The old hands discussed the news with a sort of disillusioned philosophical attitude, while the newcomers at once drew dramatic conclusions from it: they were going to be sent to China, they would never be released.

Some of them came and saw Glatigny, hoping he would still know all about the intentions of G.H.Q.

“What do you think?” they would ask the C.-in-C.'s former A.D.C.

Glatigny refused to cheat in order to reassure his comrades.

“The internationalization of the war is a solution which has never been completely excluded. The French in Indo-China are fighting against the entire Communist world. It would thus be logical if the nations of the free world stepped in, as they did in Korea.”

“So you believe that the marines have really landed?”

“It would mean that the Geneva conference has broken down.”

“In that case we ought to try and escape at the first opportunity,” said Pinières. “Who's with me?”

“Don't let them lead you on, though,” Marindelle warned them. “That rumour of a marine landing is utter nonsense. I'm pretty certain it was put out by the Voice, the source and medium of every news item.

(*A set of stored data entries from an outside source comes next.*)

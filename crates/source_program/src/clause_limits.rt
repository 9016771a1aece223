ghost use Rattle.std.specs.Prelude.{◌≡◌, ◌+◌, ◌≤◌, None, IfOk};
ghost use Rattle.source_program.specs.Limits.{Counts, kernel_limit, limit_of};

use crate::outline_builder::outline_of;
use crate::outline_counts::{MOST_BRANCH, OutlineCounts, counts_of};
use crate::source_clause::SourceClause;
use aq_base::refusal::LimitKind;
use aq_term::memory::Memory;
use std::alloc::Global;

/// The most arguments of a head and of a call.
const MOST_ARGUMENTS: usize = 63;
/// The most variables of a kernel clause.
const MOST_VARIABLES: u64 = 400;
/// The most slots of a kernel clause.
const MOST_SLOTS: u64 = 256;
/// The most nodes of a kernel clause's arguments that hold a variable.
const MOST_NODES: u64 = 512;
/// The greatest sum of (n + 8)² over the kernel clauses of a program, n being a clause's nodes that hold a variable.
const GREATEST_TOTAL: u64 = 16_777_216;

/// The limits of the clauses of a program, in the order of the text.
#[derive(Drop)]
pub struct ClauseLimits {
    /// The sum of (n + 8)² over the kernel clauses so far.
    total: u64,
}

impl ClauseLimits {
    /// Before the first clause.
    pub fn new() -> ClauseLimits
        ensures { result.total ≡ 0 }
    {
        ClauseLimits { total: 0 }
    }

    /// The first limit that the next clause passes, if it passes one.
    pub fn passed_by(
        &mut self,
        alloc: Global,
        clause: &SourceClause,
    ) -> Result<Option<LimitKind>, Memory>
        requires { self.old.total ≤ 16777216 }
        ensures counts { IfOk result (λ passed. (counts : Counts) × (counts.arguments ≡ clause.now.most_arguments) × (passed ≡ limit_of counts self.old.total) × (passed ≡ None → self.new.total ≡ self.old.total + counts.kernel.total)) }
        ensures low { IfOk result (λ passed. passed ≡ None → self.new.total ≤ 16777216) }
    {
        if clause.most_arguments > MOST_ARGUMENTS {
            return Ok(Some(LimitKind::Arity));
        }
        let outline = outline_of(alloc, clause)?;
        let counts = counts_of(alloc, &outline)?;
        self.total = self.total.saturating_add(counts.total);
        Ok(passed(&counts, self.total))
    }
}

/// The first limit that is passed, the total given.
fn passed(counts: &OutlineCounts, total: u64) -> Option<LimitKind>
    ensures { result ≡ kernel_limit counts.now total }
{
    if counts.branch > MOST_BRANCH {
        Some(LimitKind::Branch)
    } else if counts.variables > MOST_VARIABLES {
        Some(LimitKind::Variables)
    } else if counts.slots > MOST_SLOTS {
        Some(LimitKind::Slots)
    } else if counts.nodes > MOST_NODES {
        Some(LimitKind::Nodes)
    } else if total > GREATEST_TOTAL {
        Some(LimitKind::Total)
    } else {
        None
    }
}
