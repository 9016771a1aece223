use crate::predicates::Predicates;
use aq_term::entries::Entries;

/// A program that keeps the forms and the limits of the language.
#[derive(Debug, Drop)]
pub struct Program {
    /// The predicates in the order of their first clauses. They differ in name or arity, and each has a clause.
    pub predicates: Predicates,
    /// The entries in the order of the text. Each names one of the predicates, has one mode for each argument, and no two name
    /// one predicate.
    pub entries: Entries,
}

We shall have to undertake your education a little more thoroughly.

“Political re-education has a great deal in common with market-gardening. When you arrived here you were fallow land covered in weeds, thickets and wild flowers. The problem was to make this land yield a good solid Marxist crop.”

“So the soil was broken up for tilling,” said Orsini, “meaning that you were reduced to the appropriate mental and physical condition by an extremely judicious diet.”

“Twenty-five ounces of rice a day in fact,” Leroy chipped in.

The three old hands were performing a well-rehearsed turn. They never missed a cue; they each appeared in turn and made their little speech, then disappeared into the wings.

“Yes, twenty-five ounces of rice a day—the minimum vital ration. Within a few hours, as you saw for yourselves, you were dying of hunger; all you could think of was food. Your stomach clamoured for attention and left you no time for any preoccupations of a philosophical, political or even religious nature. Then the instruction periods began.”

“That was the seed being sown, the good old Marxist seed. It encountered no resistance in such well-tilled soil . . .

“The next thing was to create a sort of Pavlovian conditioned reflex in you, a politico-stomachic reflex. The prisoners have been enlightened and are making political progress. The minimum vital ration is increased proportionally and the stomach is prepared to think along the right lines . . . On the other hand, any backsliding is punished by a reduction in the diet and the stomach has to suffer the consequences of this mental rebellion.”

“But there was still one weed which was particularly tenacious because its roots lay buried deep in the earth: hope—the hope of getting back to France, living as free men once again, seeing our families once more and making love to a girl without committing a political sin.”

“It's worse than quack-grass, this hope. No sooner is it pulled up than it grows again and in a trice strangles the tender little shoots of the Marxist crop. It's got to be pulled up all the time. The best method they've found is the false rumour. Here's what I mean: on the
14
th July everyone in camp was filled with hope of a speedy release. The quack-grass was running wild. So the Voice disseminates one of his false rumours by one of his usual means: a piece of paper dropped on the ground, a
bo-doi
who shoots his mouth off: ‘The Vietnamese delegation has left Geneva for Prague. The Mendès-France government has just been overthrown; the marines are landing at Haiphong . . .' Hope is abruptly snuffed out. There's no other solution . . . the only way to survive and get away with a whole skin is to become good fighters for Peace.”